Kalu, however, is the possibility that "historically non-pathogenic viruses are becoming pathogenic when combined with or present with other viruses."

The aggravating circumstance of COVID-19

There is no indication that COVID-19 or vaccines against it are related to these cases.

But the cases are likely a consequence of the pandemic, Chiu said.

When the schools were closed, the children were not exposed to the common viruses that usually circulate.

When the restrictions were lifted, children were suddenly exposed to multiple viruses at the same time.

Photos taken by a microscope of the hepatitis A virus.Getty Images

Globally, cases have been in young children, 10 years of age or younger.

"This is precisely the period of time when the immune system is being formed," Chiu explained.

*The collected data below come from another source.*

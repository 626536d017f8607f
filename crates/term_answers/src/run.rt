// Runs a text's last node by the three rows.
ghost use Rattle.std.specs.Prelude.{◌≡◌, false, IsTrue};
ghost use Rattle.js_heap.specs.Closed.{IsThere};
ghost use Rattle.js_host.specs.There.{AreThere};

use crate::lines::print_lines;
use crate::rows::{Row, row_of, step};
use console_host::{ConsoleHost, Line};
use js_heap::Heap;
use js_host::{Host, NativeCall, Order, Outcome};
use js_term::{
    Begun, CalledFunction, Completion, Move, Operand, Operands, begin, called_function, is_refused,
};
use js_tree::{NodeId, Script};
use js_value::{NativeId, Value};
use mug_text::{Listed, NoMemory};
use std::alloc::Global;

// A row with its operands.
#[derive(Drop)]
struct Frame {
    row: Row,
    operands: Operands,
}

// What stands at the top: a value, a completion, or a row whose next operand hasn't begun.
#[derive(Drop)]
enum Top {
    Value(Value),
    Abrupt(Completion),
    Resting(Frame),
}

/// A run: what it has left below its top, the steps that it has made, and what they printed.
#[derive(Drop)]
pub struct Run {
    frames: Vec<Frame>,
    steps: u32,
    printed: String,
}

fn nothing() -> Top {
    Top::Value(Value::Undefined)
}

// The node of a text, which has begun.
fn node_top(alloc: Global, script: &Script, id: NodeId) -> Result<Top, NoMemory> {
    if id.number as usize >= script.count() {
        return Ok(nothing());
    }
    match begin(alloc, script, id)? {
        Begun::Value(value) => Ok(Top::Value(value)),
        Begun::Operands(operands) => Ok(Top::Resting(Frame {
            row: row_of(script.node(id)),
            operands,
        })),
    }
}

fn operand_top(alloc: Global, script: &Script, operand: &Operand) -> Result<Top, NoMemory> {
    match operand {
        Operand::Value(value) => Ok(Top::Value(value.copy()?)),
        Operand::Node(id) => node_top(alloc, script, *id),
    }
}

fn is_missing(heap: &Heap, value: &Value) -> bool
    ensures { result ≡ false → IsThere heap.now value.now }
{
    !heap.is_there(value)
}

// Whether what these values name is there.
fn are_there(heap: &Heap, values: &[Value]) -> bool
    ensures { IsTrue result → AreThere heap.now values.now }
{
    for value in values {
        if is_missing(heap, value) {
            return false;
        }
    }
    true
}

// The lines that a native keeps, and what it comes to.
#[tactic(auto, using(crate::proofs::There::call_there))]
fn called(
    alloc: Global,
    heap: &mut Heap,
    id: NativeId,
    call: &NativeCall,
) -> (Outcome, Listed<Line>)
    requires arguments { AreThere heap.old call.now.args }
    requires this { IsThere heap.old call.now.this }
{
    let mut host = ConsoleHost::new(alloc);
    let outcome = host.native(heap, id, call);
    (outcome, host.lines)
}

fn outcome_top(outcome: Outcome) -> Result<Top, NoMemory> {
    match outcome {
        Outcome::Value(value) => Ok(Top::Value(value)),
        Outcome::Throw(value) => Ok(Top::Abrupt(Completion::Throw(value))),
        _ => Err(NoMemory),
    }
}

impl Run {
    pub fn new(alloc: Global) -> Run {
        Run {
            frames: Vec::new(alloc),
            steps: 0,
            printed: String::new(alloc),
        }
    }

    fn count(&mut self) {
        self.steps = self.steps.saturating_add(1);
    }

    fn push(&mut self, frame: Frame) -> Result<(), NoMemory> {
        self.frames.reserve(1)?;
        self.frames.push_reserved(frame);
        Ok(())
    }

    fn native(
        &mut self,
        alloc: Global,
        heap: &mut Heap,
        id: NativeId,
        call: &NativeCall,
    ) -> Result<Top, NoMemory> {
        if is_refused(id, call.construct) {
            return Ok(Top::Abrupt(Completion::Throw(Value::Undefined)));
        }
        if !are_there(heap, call.args.as_slice()) || !heap.is_there(&call.this) {
            return Ok(nothing());
        }
        let (outcome, lines) = called(alloc, heap, id, call);
        print_lines(alloc, heap, &lines, &mut self.printed)?;
        outcome_top(outcome)
    }

    fn call(
        &mut self,
        alloc: Global,
        heap: &mut Heap,
        f: &Value,
        call: &NativeCall,
    ) -> Result<Top, NoMemory> {
        if !heap.is_there(f) {
            return Ok(nothing());
        }
        match called_function(heap, f) {
            CalledFunction::Native(id) => self.native(alloc, heap, id, call),
            _ => Ok(Top::Abrupt(Completion::Throw(Value::Undefined))),
        }
    }

    fn moved(&mut self, alloc: Global, heap: &mut Heap, made: Move) -> Result<Top, NoMemory> {
        match made {
            Move::Value(value) => Ok(Top::Value(value)),
            Move::Abrupt(completion) => Ok(Top::Abrupt(completion)),
            Move::Call { f, call } => self.call(alloc, heap, &f, &call),
            _ => Ok(nothing()),
        }
    }

    // The next operand of a row begins, or its step is made.
    fn rest(
        &mut self,
        alloc: Global,
        script: &Script,
        heap: &mut Heap,
        frame: Frame,
    ) -> Result<Top, NoMemory> {
        match frame.operands.next() {
            Some(operand) => {
                let top = operand_top(alloc, script, operand)?;
                self.push(frame)?;
                Ok(top)
            }
            None => self.make(alloc, heap, &frame),
        }
    }

    fn make(&mut self, alloc: Global, heap: &mut Heap, frame: &Frame) -> Result<Top, NoMemory> {
        if !matches!(frame.row, Row::Statements) {
            self.count();
        }
        let made = step(alloc, frame.row, &frame.operands)?;
        self.moved(alloc, heap, made)
    }

    // The frame below takes the value.
    fn take(&mut self, value: Value) -> Option<Top> {
        let mut frame = self.frames.pop()?;
        if frame.operands.next().is_some() {
            frame.operands.take(value);
        }
        Some(Top::Resting(frame))
    }

    // The frame below meets the completion.
    fn meet(&mut self, completion: &Completion) -> Result<Option<Top>, NoMemory> {
        if self.frames.pop().is_none() {
            return Ok(None);
        }
        self.count();
        Ok(Some(Top::Abrupt(completion.copy()?)))
    }

    // What nothing caught.
    fn uncaught(
        &mut self,
        alloc: Global,
        heap: &mut Heap,
        completion: Completion,
    ) -> Result<(), NoMemory> {
        let Completion::Throw(value) = completion else {
            return Ok(());
        };
        if !heap.is_there(&value) {
            return Ok(());
        }
        let mut host = ConsoleHost::new(alloc);
        host.order(heap, Order::Uncaught(value))?;
        print_lines(alloc, heap, &host.lines, &mut self.printed)
    }

    fn advance(
        &mut self,
        alloc: Global,
        script: &Script,
        heap: &mut Heap,
        top: Top,
    ) -> Result<Option<Top>, NoMemory> {
        match top {
            Top::Value(value) => Ok(self.take(value)),
            Top::Resting(frame) => Ok(Some(self.rest(alloc, script, heap, frame)?)),
            Top::Abrupt(completion) => match self.meet(&completion)? {
                Some(top) => Ok(Some(top)),
                None => {
                    self.uncaught(alloc, heap, completion)?;
                    Ok(None)
                }
            },
        }
    }

    /// Runs the text's last node, and tells its steps and the lines that they printed.
    pub fn run(
        mut self,
        alloc: Global,
        script: &Script,
        heap: &mut Heap,
    ) -> Result<String, NoMemory> {
        let mut top = Some(node_top(alloc, script, last(script))?);
        for _ in 0..100_000 {
            match top {
                Some(now) => top = self.advance(alloc, script, heap, now)?,
                None => break,
            }
        }
        Ok(format!(in alloc; "{}{}", self.steps, self.printed)?)
    }
}

/// The number of a text's last node.
pub fn last(script: &Script) -> NodeId {
    NodeId {
        number: (script.count() as u32).saturating_sub(1),
    }
}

"What I suspect happened is that this segment of the population of children had impaired immune system development for more than two years."

"One of the unintended consequences of the COVID-19 pandemic may have been that we now have a population of children who have modified immune systems," Chiu said.

"We have to be alert to the possibility that we could be seeing unusual manifestations of diseases like hepatitis in the future."

"One of the unintended consequences of the pandemic may be that we now have a population of children with modified immune systems."


study author charles chiu

Although cases linked to the recent outbreak appear to be on the decline, Dr. Any Feldman, medical director of pediatric transplants at Children's Hospital Colorado in Colorado Springs, said she sees a number of unexplained cases of liver failure each year.

His team has added adenovirus screening for his pediatric patients with liver inflammation.

Understanding the potential causes of these cases can help doctors "better understand how to prevent and treat them," he explained.

"Stopping the spread of germs is important," she said, and "the more you wash your hands, the better."